> Extracted information
____

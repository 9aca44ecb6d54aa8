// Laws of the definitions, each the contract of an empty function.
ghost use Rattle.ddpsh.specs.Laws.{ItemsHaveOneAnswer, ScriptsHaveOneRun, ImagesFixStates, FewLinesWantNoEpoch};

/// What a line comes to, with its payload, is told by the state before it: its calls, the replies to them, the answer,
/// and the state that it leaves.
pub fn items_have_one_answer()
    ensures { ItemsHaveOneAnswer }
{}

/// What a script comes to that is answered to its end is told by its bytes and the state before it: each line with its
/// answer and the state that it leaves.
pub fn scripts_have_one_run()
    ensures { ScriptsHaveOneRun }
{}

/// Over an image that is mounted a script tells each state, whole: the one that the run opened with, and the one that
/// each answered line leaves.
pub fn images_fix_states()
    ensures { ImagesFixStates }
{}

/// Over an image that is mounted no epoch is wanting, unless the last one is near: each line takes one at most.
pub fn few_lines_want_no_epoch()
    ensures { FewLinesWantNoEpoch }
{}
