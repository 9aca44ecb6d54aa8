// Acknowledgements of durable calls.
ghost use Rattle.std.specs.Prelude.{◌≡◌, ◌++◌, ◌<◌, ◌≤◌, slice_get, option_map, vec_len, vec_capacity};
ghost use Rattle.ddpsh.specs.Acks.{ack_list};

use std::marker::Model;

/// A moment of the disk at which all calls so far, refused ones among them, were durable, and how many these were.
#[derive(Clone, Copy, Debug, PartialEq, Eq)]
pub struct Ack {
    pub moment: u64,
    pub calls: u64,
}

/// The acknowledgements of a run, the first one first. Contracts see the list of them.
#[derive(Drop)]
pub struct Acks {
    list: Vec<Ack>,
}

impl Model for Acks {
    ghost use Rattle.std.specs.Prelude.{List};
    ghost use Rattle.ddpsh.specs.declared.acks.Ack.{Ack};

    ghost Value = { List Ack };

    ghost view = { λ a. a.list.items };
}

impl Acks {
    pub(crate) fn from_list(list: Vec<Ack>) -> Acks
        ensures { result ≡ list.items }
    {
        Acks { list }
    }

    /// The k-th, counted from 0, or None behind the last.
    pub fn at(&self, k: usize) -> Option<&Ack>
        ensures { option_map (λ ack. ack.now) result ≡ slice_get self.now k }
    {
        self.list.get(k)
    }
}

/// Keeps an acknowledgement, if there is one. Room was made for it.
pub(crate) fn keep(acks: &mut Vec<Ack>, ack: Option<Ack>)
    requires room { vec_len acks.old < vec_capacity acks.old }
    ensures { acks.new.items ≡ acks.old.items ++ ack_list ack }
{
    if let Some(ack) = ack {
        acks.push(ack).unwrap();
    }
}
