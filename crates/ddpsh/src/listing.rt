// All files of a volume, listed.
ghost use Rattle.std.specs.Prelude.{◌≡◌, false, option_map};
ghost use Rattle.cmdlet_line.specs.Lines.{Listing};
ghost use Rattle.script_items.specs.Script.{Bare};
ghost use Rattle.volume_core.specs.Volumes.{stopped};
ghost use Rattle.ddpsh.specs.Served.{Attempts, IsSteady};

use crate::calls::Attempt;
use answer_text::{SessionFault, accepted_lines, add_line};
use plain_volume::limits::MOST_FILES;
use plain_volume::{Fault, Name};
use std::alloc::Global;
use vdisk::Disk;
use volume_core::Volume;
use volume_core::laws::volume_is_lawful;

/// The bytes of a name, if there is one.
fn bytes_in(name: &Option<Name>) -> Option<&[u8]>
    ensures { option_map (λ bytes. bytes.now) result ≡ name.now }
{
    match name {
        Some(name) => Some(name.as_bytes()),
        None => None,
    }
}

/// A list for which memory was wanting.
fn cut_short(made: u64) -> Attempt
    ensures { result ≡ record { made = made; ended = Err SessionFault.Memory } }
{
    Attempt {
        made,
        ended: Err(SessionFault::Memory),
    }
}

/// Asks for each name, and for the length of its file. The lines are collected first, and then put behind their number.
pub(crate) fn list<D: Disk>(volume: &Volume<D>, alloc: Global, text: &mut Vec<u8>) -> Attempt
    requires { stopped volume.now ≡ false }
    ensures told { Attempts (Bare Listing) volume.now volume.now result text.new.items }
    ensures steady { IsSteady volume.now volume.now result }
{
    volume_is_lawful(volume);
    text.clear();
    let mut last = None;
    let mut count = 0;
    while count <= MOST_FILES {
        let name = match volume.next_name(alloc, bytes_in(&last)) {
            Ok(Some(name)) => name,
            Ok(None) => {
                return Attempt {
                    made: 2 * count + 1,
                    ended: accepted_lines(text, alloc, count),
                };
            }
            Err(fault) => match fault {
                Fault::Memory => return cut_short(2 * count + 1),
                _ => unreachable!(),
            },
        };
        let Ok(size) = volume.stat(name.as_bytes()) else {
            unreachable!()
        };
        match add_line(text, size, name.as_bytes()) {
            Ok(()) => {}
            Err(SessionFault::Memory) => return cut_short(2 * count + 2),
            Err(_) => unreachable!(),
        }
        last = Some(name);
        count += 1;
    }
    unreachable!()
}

____

Please give the material above once more, unchanged.

> Worked solution
repository 9aca44ecb6d54aa8
// Laws of the definitions, each the contract of an empty function.
ghost use Rattle.ddpsh.specs.Laws.{ItemsHaveOneAnswer, ScriptsHaveOneRun, ImagesFixStates, FewLinesWantNoEpoch};

/// What a line comes to, with its payload, is told by the state before it: its calls, the replies to them, the answer,
/// and the state that it leaves.
pub fn items_have_one_answer()
    ensures { ItemsHaveOneAnswer }
{}

/// What a script comes to that is answered to its end is told by its bytes and the state before it: each line with its
/// answer and the state that it leaves.
pub fn scripts_have_one_run()
    ensures { ScriptsHaveOneRun }
{}

/// Over an image that is mounted a script tells each state, whole: the one that the run opened with, and the one that
/// each answered line leaves.
pub fn images_fix_states()
    ensures { ImagesFixStates }
{}

/// Over an image that is mounted no epoch is wanting, unless the last one is near: each line takes one at most.
pub fn few_lines_want_no_epoch()
    ensures { FewLinesWantNoEpoch }
{}
repository 9aca44ecb6d54aa8
// Acknowledgements of durable calls.
ghost use Rattle.std.specs.Prelude.{◌≡◌, ◌++◌, ◌<◌, ◌≤◌, slice_get, option_map, vec_len, vec_capacity};
ghost use Rattle.ddpsh.specs.Acks.{ack_list};

use std::marker::Model;

/// A moment of the disk at which all calls so far, refused ones among them, were durable, and how many these were.
#[derive(Clone, Copy, Debug, PartialEq, Eq)]
pub struct Ack {
    pub moment: u64,
    pub calls: u64,
}

/// The acknowledgements of a run, the first one first. Contracts see the list of them.
#[derive(Drop)]
pub struct Acks {
    list: Vec<Ack>,
}

impl Model for Acks {
    ghost use Rattle.std.specs.Prelude.{List};
    ghost use Rattle.ddpsh.specs.declared.acks.Ack.{Ack};

    ghost Value = { List Ack };

    ghost view = { λ a. a.list.items };
}

impl Acks {
    pub(crate) fn from_list(list: Vec<Ack>) -> Acks
        ensures { result ≡ list.items }
    {
        Acks { list }
    }

    /// The k-th, counted from 0, or None behind the last.
    pub fn at(&self, k: usize) -> Option<&Ack>
        ensures { option_map (λ ack. ack.now) result ≡ slice_get self.now k }
    {
        self.list.get(k)
    }
}

/// Keeps an acknowledgement, if there is one. Room was made for it.
pub(crate) fn keep(acks: &mut Vec<Ack>, ack: Option<Ack>)
    requires room { vec_len acks.old < vec_capacity acks.old }
    ensures { acks.new.items ≡ acks.old.items ++ ack_list ack }
{
    if let Some(ack) = ack {
        acks.push(ack).unwrap();
    }
}
filename crates/ddpsh/src/listing.rt
// All files of a volume, listed.
ghost use Rattle.std.specs.Prelude.{◌≡◌, false, option_map};
ghost use Rattle.cmdlet_line.specs.Lines.{Listing};
ghost use Rattle.script_items.specs.Script.{Bare};
ghost use Rattle.volume_core.specs.Volumes.{stopped};
ghost use Rattle.ddpsh.specs.Served.{Attempts, IsSteady};

use crate::calls::Attempt;
use answer_text::{SessionFault, accepted_lines, add_line};
use plain_volume::limits::MOST_FILES;
use plain_volume::{Fault, Name};
use std::alloc::Global;
use vdisk::Disk;
use volume_core::Volume;
use volume_core::laws::volume_is_lawful;

/// The bytes of a name, if there is one.
fn bytes_in(name: &Option<Name>) -> Option<&[u8]>
    ensures { option_map (λ bytes. bytes.now) result ≡ name.now }
{
    match name {
        Some(name) => Some(name.as_bytes()),
        None => None,
    }
}

/// A list for which memory was wanting.
fn cut_short(made: u64) -> Attempt
    ensures { result ≡ record { made = made; ended = Err SessionFault.Memory } }
{
    Attempt {
        made,
        ended: Err(SessionFault::Memory),
    }
}

/// Asks for each name, and for the length of its file. The lines are collected first, and then put behind their number.
pub(crate) fn list<D: Disk>(volume: &Volume<D>, alloc: Global, text: &mut Vec<u8>) -> Attempt
    requires { stopped volume.now ≡ false }
    ensures told { Attempts (Bare Listing) volume.now volume.now result text.new.items }
    ensures steady { IsSteady volume.now volume.now result }
{
    volume_is_lawful(volume);
    text.clear();
    let mut last = None;
    let mut count = 0;
    while count <= MOST_FILES {
        let name = match volume.next_name(alloc, bytes_in(&last)) {
            Ok(Some(name)) => name,
            Ok(None) => {
                return Attempt {
                    made: 2 * count + 1,
                    ended: accepted_lines(text, alloc, count),
                };
            }
            Err(fault) => match fault {
                Fault::Memory => return cut_short(2 * count + 1),
                _ => unreachable!(),
            },
        };
        let Ok(size) = volume.stat(name.as_bytes()) else {
            unreachable!()
        };
        match add_line(text, size, name.as_bytes()) {
            Ok(()) => {}
            Err(SessionFault::Memory) => return cut_short(2 * count + 2),
            Err(_) => unreachable!(),
        }
        last = Some(name);
        count += 1;
    }
    unreachable!()
}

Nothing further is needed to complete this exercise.